Element ID assignment
Element IDs are assigned sequentially (1, 2, 3, ...) during a single parse. IDs are NOT stable across page loads -- they are positional, not content-based. The delta diff system uses content keys (tag + text + href + bounds) rather than IDs to match elements across page transitions.
Testing
Integration tests
Tests live in crates/core/tests/ as integration tests:
cargo test -p browsy-core # all tests
cargo test -p browsy-core --test css_layout # CSS + layout
cargo test -p browsy-core --test output # Spatial DOM output
Detection benchmark
The crates/core/tests/corpus/ directory contains HTML snapshots of real websites with ground truth labels in manifest.json. The benchmark runner parses every snapshot and verifies:
- Correct page type classification
- Correct suggested action detection
- Valid element IDs in all actions (referencing real elements)

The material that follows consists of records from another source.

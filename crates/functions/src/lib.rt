// What a request's number says: whose slices are of bytes, which function asks a question and which judges a listing, how many slices and
// numbers follow, and how many bytes a slice has. The numbers are those of docs/CALLS.md.
#![tactic(auto)]

ghost use Rattle.std.specs.Prelude.{◌≡◌, ◌^◌, ◌≤◌, ◌<◌};
ghost use Rattle.octets.specs.Octets.{word_at};
ghost use Rattle.functions.specs.Functions.{on_bytes, asks, judges, slices_of, numbers_of, slice_size};

// The functions' numbers. Each stays its function's own.
#[derive(Drop)]
pub struct Function {}

impl Function {
    pub const READ: u32 = 1;

    pub const ACCEPT: u32 = 2;

    pub const TRANSLATE: u32 = 3;

    pub const REHEARSE: u32 = 4;

    pub const TRANSLATE_BYTES: u32 = 5;

    pub const REHEARSE_BYTES: u32 = 6;

    pub const WRITE_SUMMARY: u32 = 7;

    pub const ASK: u32 = 8;

    pub const SUMMARY_BYTES: u32 = 9;

    pub const ASK_BYTES: u32 = 10;

    pub const JUDGE: u32 = 11;

    pub const JUDGE_BYTES: u32 = 12;

    pub const CHECK: u32 = 13;

    pub const CHECK_BYTES: u32 = 14;

    pub const APART: u32 = 15;

    pub const APART_BYTES: u32 = 16;
}

// What is read at most.
#[derive(Drop)]
struct Most {}

impl Most {
    // Behind the summary of a question: a party, a row and a step.
    const NUMBERS: usize = 3;
}

// The function's slices are of bytes.
pub fn on_bytes(function: u32) -> bool
    ensures { result ≡ on_bytes function }
{
    if function < Function::TRANSLATE_BYTES {
        return false;
    }
    if function < Function::WRITE_SUMMARY {
        return true;
    }
    if function == Function::JUDGE {
        return false;
    }
    if function == Function::CHECK {
        return false;
    }
    if function == Function::APART {
        return false;
    }
    Function::ASK < function
}

// The function answers a question: numbers stand behind its slice.
pub fn is_question(function: u32) -> bool
    ensures { result ≡ asks function }
{
    if function == Function::ASK {
        return true;
    }
    function == Function::ASK_BYTES
}

// The function judges a listing: a party's number stands behind its slices.
pub fn is_judgement(function: u32) -> bool
    ensures { result ≡ judges function }
{
    if function == Function::JUDGE {
        return true;
    }
    function == Function::JUDGE_BYTES
}

// How many bytes a slice of a function has: by its count, the word that the first four bytes make, which is of words or of bytes.
pub fn slice_size(function: u32, head: &[u8; 4]) -> usize
    ensures { (result ≡ slice_size function (word_at head.now 0)) × (result < 2 ^ 34) }
{
    let count = words::wide(octets::word(head[0], head[1], head[2], head[3]));
    if on_bytes(function) {
        return count;
    }
    4 * count
}

// How many slices a function has: a reading, a question and the test of bound names one, a rehearsal three, the others two.
pub fn slices(function: u32) -> usize
    ensures { result ≡ slices_of function }
{
    if function < Function::TRANSLATE {
        return 1;
    }
    if is_question(function) {
        return 1;
    }
    if function == Function::REHEARSE {
        return 3;
    }
    if function == Function::REHEARSE_BYTES {
        return 3;
    }
    if Function::CHECK_BYTES < function {
        return 1;
    }
    2
}

// How many numbers a function has behind its slices: a question three, a judgement one.
pub fn numbers(function: u32) -> usize
    ensures { (result ≡ numbers_of function) × (result ≤ 3) }
{
    if is_question(function) {
        return Most::NUMBERS;
    }
    if is_judgement(function) {
        return 1;
    }
    0
}
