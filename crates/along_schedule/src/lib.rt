// The instant along a schedule: the checks, one pass over the wires, then the next memory and the outputs. Rests on `given` for the
// checks 1 to 16, on `schedule` for 17 to 19, on `pass` for the values, on `next_memory` for the storing, and on `rounds` for the row.
#![tactic(auto)]

ghost use Rattle.kernel.specs.Calls.{scheduled_call, Leaves};

use sheet::Refused;
use sheet_expressions::map::Map;

// The instant along a schedule, after whose pass no wire is unknown.
pub fn instant(
    sheet: &[u8],
    memory: &mut [u8],
    input: &[u8],
    output: &mut [u8],
    schedule: &[u8],
) -> Result<(), Refused>
    ensures { Leaves (scheduled_call sheet.now memory.old input.now output.old
        schedule.now) result memory.new output.new }
{
    let mut map = Map::empty();
    let mut words = [0u32; 144];
    let parts = given::given_of(sheet, memory, input, output, &mut map, &mut words)?;
    let types = parts.types;
    schedule::check_schedule(schedule, types.len(), &map.reads)?;
    let instant = rounds::Instant {
        sheet,
        memory,
        types,
        places: &map.places,
        firsts: &map.firsts,
    };
    pass::pass(&instant, schedule, &mut words);
    next_memory::store(sheet, memory, types, &map, &words);
    rounds::write_row(parts.outputs, &words, output);
    Ok(())
}
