// Parts of a lent buffer, by offset and length: whether one ends within its buffer, and whether two share a byte. No sum is made, since
// offset + length may pass 2^64.
#![tactic(auto)]

ghost use Rattle.std.specs.Prelude.{◌≡◌};
ghost use Rattle.buffer_parts.specs.Parts.{is_inside, are_overlapping};

// `length` bytes of a buffer, from byte `offset` on: any two numbers of a caller, where `ShiftEntry` of `shift_reader` is what a checked file says.
#[derive(Clone, Copy, Debug, PartialEq, Eq)]
pub struct BufferPart {
    pub offset: usize,
    pub length: usize,
}

impl BufferPart {
    // Whether a part ends within a buffer of `len` bytes; one past the end does not, even with no bytes.
    pub fn is_inside(self, len: usize) -> bool
        ensures { result ≡ is_inside self len }
    {
        len.checked_sub(self.offset)
            .is_some_and(|rest| self.length <= rest)
    }

    // Whether two parts of one buffer share a byte. Parts that touch do not, and one of no bytes does with none.
    pub fn overlaps(self, other: BufferPart) -> bool
        ensures { result ≡ are_overlapping self other }
    {
        if self.offset <= other.offset {
            other.offset - self.offset < self.length && 0 < other.length
        } else {
            self.offset - other.offset < other.length && 0 < self.length
        }
    }
}
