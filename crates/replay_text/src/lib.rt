// Named requests in lines of text, and what is printed of their replies. A line has a name, a bar, and the bytes of the request in
// hexadecimal. After `*` stands how many bytes it has in all: those past the ninth come again and again.
//
//     red, 1 by 1 | 01 00 01 00 00 01 01 00 00 FF 00 00
//     one colour, 128 by 128 | 80 00 80 00 00 00 00 00 00 10 20 30 * 49161
#![tactic(auto)]

ghost use Rattle.std.specs.Prelude.{Some, ◌≡◌, ◌≢◌, ℕ, List, ◌<◌, ◌≤◌, ◌↔◌, ◌++◌, ◌-◌, ◌^◌, ◌%◌, All, take, length, slice_index, min, IfSome, IsNone, IfOk, OnOk, codes, decimal};
ghost use Rattle.std.specs.List.{FoldsTo};
ghost use Rattle.std.specs.Io.KnownBytes.{Appends, Keeps, IsAtEnd};
ghost use Rattle.std.specs.Io.Buffered.{writer_contents};
ghost use Rattle.replay_text.specs.Lines.{IsCut, digit, bytes_of, with_digit, number_of, repeated, request_of, AreLines, Replies};

use replay::Digest;
use std::alloc::Global;
use std::io::{BufRead, BufReader, BufWriter, Read, Write};
use std::{fmt, io};

// How many bytes of a request stand before those that come again.
const HEADER: usize = 9;

// The index of the first such byte.
pub fn find(text: &[u8], byte: u8) -> Option<usize>
    ensures none { IsNone result ↔ All (λ b. b ≢ byte) text.now }
    ensures found { IfSome result (λ i. (i < length text.now) × (slice_index text.now i ≡ byte)) }
    ensures first { IfSome result (λ i. (k : ℕ) → k < i → slice_index text.now k ≢ byte) }
{
    text.iter().position(|b| *b == byte)
}

// What stands before the first such byte and what stands behind it, or all and nothing.
fn cut(text: &[u8], byte: u8) -> (&[u8], &[u8])
    ensures { IsCut byte text.now result.0.now result.1.now }
{
    match find(text, byte) {
        Some(i) => (&text[..i], &text[i + 1..]),
        None => (text, &[]),
    }
}

// The value of a digit in base 16; 0 for any other byte. By hand: a character is of no type of ours, and std's digits have small letters too.
fn digit(b: u8) -> u8
    ensures value { result ≡ digit b }
    ensures low { result < 16 }
{
    match b {
        b'0'..=b'9' => b - b'0',
        b'A'..=b'F' => b - b'A' + 10,
        _ => 0,
    }
}

// Writes the bytes of ` 01 00 FF`, as many as there is room for, and answers how many.
fn read_bytes(text: &[u8], room: &mut [u8]) -> usize
    ensures bytes { take result room.new ≡ bytes_of text.now (length room.old) }
    ensures bound { result ≤ length room.new }
{
    let count = room.len().min(text.len() / 3);
    // By index: after `iter_mut` and `zip` nothing would be known of the bytes that were written.
    for n in 0..count {
        room[n] = digit(text[3 * n + 1]) * 16 + digit(text[3 * n + 2]);
    }
    count
}

// A number with one digit more, of which the last six count; a byte that is no digit changes nothing.
fn with_digit(n: usize, b: u8) -> usize
    requires { n < 1000000 }
    ensures { result ≡ with_digit n b % 1000000 }
{
    match b {
        b'0'..=b'9' => (10 * n + (b - b'0') as usize) % 1000000,
        _ => n,
    }
}

fn read_number(text: &[u8]) -> usize
    ensures { result ≡ number_of text.now }
{
    let mut n = 0;
    for b in text {
        n = with_digit(n, *b);
    }
    n
}

// Makes the bytes that were given at a room's start `size` in all, by those past the ninth again and again, and answers how many there are then.
fn repeat(room: &mut [u8], given: usize, size: usize) -> usize
    requires { given ≤ length room.old }
    ensures bytes { take result room.new ≡ repeated (take given room.old) size (length room.old) }
    ensures bound { result ≤ length room.new }
{
    if given <= HEADER || size <= given || room.len() < size {
        return given;
    }
    replay::repeat(&mut room[HEADER..size], given - HEADER);
    size
}

// The request of what stands behind the bar of a line, ` 01 00 FF` or ` 01 00 FF * 9`, in the room that the caller lends. No byte comes again
// where there is less room than the number behind `*`.
pub fn read_request<'a>(words: &[u8], room: &'a mut [u8]) -> &'a [u8]
    ensures value { result.now ≡ request_of words.now (length room.old) }
    ensures bound { length result.now ≤ length room.old }
{
    let (bytes, number) = cut(words, b'*');
    let given = read_bytes(bytes, room);
    let size = repeat(room, given, read_number(number));
    &room[..size]
}

// What a program writes for a request: how many bytes, and these bytes, or their digest where they are more than 40.
#[derive(Clone, Copy)]
pub struct Reply<'a>(pub &'a [u8]);

impl fmt::Display for Reply<'_> {
    ghost use Rattle.std.specs.Prelude.{Some};
    ghost use Rattle.replay_text.specs.Lines.{reply_text};

    ghost output = { λ reply. Some (reply_text reply.0.now) };

    fn fmt<W: fmt::Write>(&self, f: &mut fmt::Formatter<W>) -> fmt::Result {
        let size = self.0.len();
        if size > 40 {
            let digest = Digest(self.0);
            return write!(f, "{size} bytes, CRC-32 {digest}");
        }
        write!(f, "{size} bytes ")?;
        for byte in self.0 {
            write!(f, "{byte:02x}")?;
        }
        Ok(())
    }
}

// Makes the request of a line in the room that the caller lends, and prints its name, a bar, what the call prints of the reply, and a newline.
fn reply_to_line<W: Write + Drop, F: FnMut(&[u8], &mut W) -> io::Result<()>>(
    line: &[u8],
    room: &mut [u8],
    out: &mut W,
    call: &mut F,
) -> io::Result<()>
    requires { F.IsAlwaysCallable call.old }
    ensures callable { F.IsAlwaysCallable call.new }
    ensures replied { OnOk result (Replies F.FnMut W.contents (length room.old) (call.old, out.old) line.now (call.new, out.new)) }
{
    let (name, words) = cut(line, b'|');
    let request = read_request(words, room);
    out.write_all(name)?;
    out.write_all(b"| ")?;
    call(request, out)?;
    out.write_all(b"\n")
}

// Makes the request of each line, of at most so many bytes, and prints a line of each: its name, a bar, and what the call prints of the reply.
// The last line counts the requests.
pub fn replay<T: BufRead + Drop, W: Write + Drop, F: FnMut(&[u8], &mut W) -> io::Result<()>>(
    alloc: Global,
    text: T,
    most: usize,
    out: &mut W,
    mut call: F,
) -> io::Result<()>
    requires { F.IsAlwaysCallable call }
    ensures { OnOk result ((lines : List (List ℕ)) × (last : F) × (replied : W) × (counted : W)
        × AreLines (T.remaining text) lines
        × FoldsTo (Replies F.FnMut W.contents most) (call, out.old) lines (last, replied)
        × Appends (W.contents replied) (W.contents counted) (decimal (min (length lines) (2 ^ 64 - 1)) ++ codes " requests\n")
        × Keeps (W.contents counted) (W.contents out.new)) }
{
    let mut room = vec![in alloc; 0u8; most]?;
    let mut count = 0u64;
    for line in text.split(alloc, b'\n') {
        let line = line?;
        reply_to_line(&line, &mut room, out, &mut call)?;
        count = count.saturating_add(1);
    }
    writeln!(out, "{count} requests")?;
    out.flush()
}

// The same of a text that is at hand, without a heap: lines are cut off it, and each request is made in the room that the caller lends.
pub fn replay_lines<W: Write + Drop, F: FnMut(&[u8], &mut W) -> io::Result<()>>(
    text: &[u8],
    room: &mut [u8],
    out: &mut W,
    mut call: F,
) -> io::Result<()>
    requires { F.IsAlwaysCallable call }
    ensures { OnOk result ((lines : List (List ℕ)) × (last : F) × (replied : W) × (counted : W)
        × AreLines (Some text.now) lines
        × FoldsTo (Replies F.FnMut W.contents (length room.old)) (call, out.old) lines (last, replied)
        × Appends (W.contents replied) (W.contents counted) (decimal (min (length lines) (2 ^ 64 - 1)) ++ codes " requests\n")
        × Keeps (W.contents counted) (W.contents out.new)) }
{
    let mut rest = text;
    let mut count = 0u64;
    // A while loop: std's `split` of a slice gives an empty piece behind a newline at the end.
    while !rest.is_empty() {
        let (line, later) = cut(rest, b'\n');
        reply_to_line(line, room, out, &mut call)?;
        count = count.saturating_add(1);
        rest = later;
    }
    writeln!(out, "{count} requests")?;
    out.flush()
}

// Makes and prints the requests of the text that a reader holds, and answers the writer. Both streams go through buffers.
pub fn over_streams<
    I: Read + Drop,
    O: Write + Drop,
    F: FnMut(&[u8], &mut BufWriter<O>) -> io::Result<()>,
>(alloc: Global, input: I, most: usize, output: O, call: F) -> io::Result<O>
    requires { F.IsAlwaysCallable call }
    ensures { IfOk result (λ output_left. (lines : List (List ℕ)) × (last : F)
        × (begun : BufWriter O Global) × (replied : BufWriter O Global) × (counted : BufWriter O Global)
        × AreLines (I.remaining input) lines
        × (writer_contents O.contents begun ≡ O.contents output)
        × FoldsTo (Replies F.FnMut (writer_contents O.contents) most) (call, begun) lines (last, replied)
        × Appends (writer_contents O.contents replied) (writer_contents O.contents counted)
        (decimal (min (length lines) (2 ^ 64 - 1)) ++ codes " requests\n")
        × Keeps (writer_contents O.contents counted) (O.contents output_left)) }
{
    let text = BufReader::new(alloc, input)?;
    let mut out = BufWriter::new(alloc, output)?;
    replay(alloc, text, most, &mut out, call)?;
    Ok(out.into_inner()?)
}

#[cfg(test)]
mod tests {
    use super::*;
    use std::test::Fail;

    #[test]
    fn each_line_is_answered(rt: HostRuntime) -> Result<(), Fail> {
        let text: &[u8] = b"two | 01 FF\nlong | 01 02 03 04 05 06 07 08 09 0A * 12\n";
        let mut out = Vec::new(rt.alloc());
        replay(rt.alloc(), text, 16, &mut out, |request, out| {
            let reply = Reply(request);
            write!(out, "{reply}")
        })?;
        let said = b"two | 2 bytes 01ff\nlong | 12 bytes 0102030405060708090a0a0a\n2 requests\n";
        assert_eq!(rt; out.as_slice(), said.as_slice());
        Ok(())
    }

    #[test]
    fn a_text_at_hand_needs_no_heap(rt: HostRuntime) -> Result<(), Fail> {
        let mut room = [0; 16];
        let mut out = Vec::new(rt.alloc());
        let text = b"two | 01 FF\n\none | 7A";
        replay_lines(text, &mut room, &mut out, |request, out| {
            let reply = Reply(request);
            write!(out, "{reply}")
        })?;
        replay_lines(b"", &mut room, &mut out, |_, out| write!(out, "not called"))?;
        let said = b"two | 2 bytes 01ff\n| 0 bytes \none | 1 bytes 7a\n3 requests\n0 requests\n";
        assert_eq!(rt; out.as_slice(), said.as_slice());
        Ok(())
    }

    #[test]
    fn bytes_past_the_ninth_come_again_where_there_is_room(rt: HostRuntime) -> Result<(), Fail> {
        let words = b" 01 02 03 04 05 06 07 08 09 0A FF * 14";
        let mut room = [0; 14];
        assert_eq!(rt;
            read_request(words, &mut room),
            b"\x01\x02\x03\x04\x05\x06\x07\x08\x09\x0a\xff\x0a\xff\x0a".as_slice()
        );
        assert_eq!(rt;
            read_request(words, &mut room[..13]),
            b"\x01\x02\x03\x04\x05\x06\x07\x08\x09\x0a\xff".as_slice()
        );
        assert_eq!(rt; read_request(words, &mut room[..2]), b"\x01\x02".as_slice());
        Ok(())
    }

    #[test]
    fn streams_are_read_and_written_through_buffers(rt: HostRuntime) -> Result<(), Fail> {
        let text: &[u8] = b"two | 01 FF\none | 7A";
        let mut out = Vec::new(rt.alloc());
        over_streams(rt.alloc(), text, 16, &mut out, |request, out| {
            let reply = Reply(request);
            write!(out, "{reply}")
        })?;
        let said = b"two | 2 bytes 01ff\none | 1 bytes 7a\n2 requests\n";
        assert_eq!(rt; out.as_slice(), said.as_slice());
        Ok(())
    }
}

- Verification code extraction accuracy
cargo test -p browsy-core --test benchmark -- --nocapture
Adding a new test case:
- Harvest an HTML snapshot with
HARVEST_URLandHARVEST_NAMEenvironment variables. - Add the expected labels to
corpus/manifest.json. - Run the benchmark to confirm the failure.
- Fix the heuristics in
output/mod.rs. - Re-run the benchmark to confirm the fix with no regressions.
Output formats
JSON
Full structured output via serde_json. All optional fields use skip_serializing_if to keep the JSON compact.
Compact text
A minimal text format designed for LLM token efficiency:
[1:h1 "Page Title"]
[!2:div "Hidden content"]
[3:input:email [email] [*] "Enter email" wide]
[4:button "Submit" full]
[5:a "Link" ->https://example.com @top-R]
Each element is one line: [id:tag "text"] with annotations for type, name, state, size, href, and position.
Delta format
For page transitions, the delta format shows only what changed:
-[3,5,7]
[+8:h1 "New Heading"]
[+9:a "New Link" ->https://example.com]
Removed element IDs are prefixed with -, added/changed elements with +.